YOUR OBJECTIVE:
Scan the data and please report how many lines include the word "Builder". Leave out everything but the number.
* * * *
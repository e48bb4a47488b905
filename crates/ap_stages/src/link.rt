//! The address after a word and its slots, in the stages where a line names it.
ghost use Rattle.std.specs.Prelude.{◌≡◌, ◌∷◌, [], IfOk, false};
ghost use Rattle.std.specs.List.{list_any};
ghost use Rattle.std.specs.Option.{option_map_or};
ghost use Rattle.ap_desc.specs.Clean.{IsClean};
ghost use Rattle.ap_net.specs.Cells.{IsNet};
ghost use Rattle.ap_net.specs.Draft.{CanFresh};
ghost use Rattle.ap_stage.specs.Wiring.{IsWiring};
ghost use Rattle.ap_course.specs.Links.{instr_links, is_link, line_links, links};
ghost use Rattle.ap_stages.specs.Links.{IsLinkOf};

use ap_bits::NoMemory;
use ap_desc::design::{Act, Arg, Design, Instr};
use ap_net::builder::Builder;
use ap_net::cell::Wire;
use ap_stage::source::link_net;

/// Whether the operand is the address after the slots.
fn is_link(arg: Arg) -> bool
    ensures { result ≡ is_link arg }
{
    match arg {
        Arg::Link => true,
        _ => false,
    }
}

/// Whether there is an operand and it is this address.
fn guard_links(guard: Option<Arg>) -> bool
    ensures { result ≡ option_map_or is_link guard false }
{
    match guard {
        Some(arg) => is_link(arg),
        None => false,
    }
}

/// Whether an operand of the line is this address.
fn line_links(act: Act) -> bool
    ensures { result ≡ line_links act }
{
    match act {
        Act::Compute { a, b, .. } | Act::Cat { a, b } => is_link(a) || is_link(b),
        Act::ReadFile { index, .. } => is_link(index),
        Act::ReadMem { at, .. } => is_link(at),
        Act::Zext { a, .. } | Act::Sext { a, .. } | Act::Slice { a, .. } => is_link(a),
        Act::WriteFile {
            index,
            value,
            guard,
            ..
        } => is_link(index) || is_link(value) || guard_links(guard),
        Act::WriteReg { value, guard, .. } => is_link(value) || guard_links(guard),
        Act::WriteMem {
            at,
            value,
            guard,
            ..
        } => is_link(at) || is_link(value) || guard_links(guard),
        Act::Branch { cond, target } => is_link(cond) || is_link(target),
        Act::Jump { target } => is_link(target),
        _ => false,
    }
}

/// Whether a line of the instruction names this address in the stage.
fn instr_links(instr: &Instr, stage: u32) -> bool
    ensures { result ≡ instr_links stage instr.now }
{
    let mut micros = instr.micros.as_slice().iter();
    micros.any(|m| m.stage == stage && line_links(m.act))
}

/// Whether a line of the design names this address in the stage.
fn links(design: &Design, stage: u32) -> bool
    ensures { result ≡ links design.now stage }
{
    let mut instrs = design.instrs.as_slice().iter();
    instrs.any(|instr| instr_links(instr, stage))
}

/// The address after a word and its slots, from the word's address, where a line of the stage names it. Where none does, nothing is made,
/// and the net says nothing.
pub(crate) fn stage_link(
    out: &mut Builder,
    design: &Design,
    stage: u32,
    place: Wire,
) -> Result<Wire, NoMemory>
    requires fresh { CanFresh out.old }
    requires clean { IsClean design.now }
    requires place { IsNet out.old.nets place }
    requires wide { place.width ≡ design.now.address }
    ensures link { IfOk result (IsLinkOf design.now stage out.new place) }
    ensures wiring { IfOk result (IsWiring (place.number ∷ []) out.old out.new) }
{
    if links(design, stage) {
        let link = link_net(out, place, design.slots)?;
        return Ok(link);
    }
    Ok(place)
}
* * * *
FINISHED EXERCISE:
2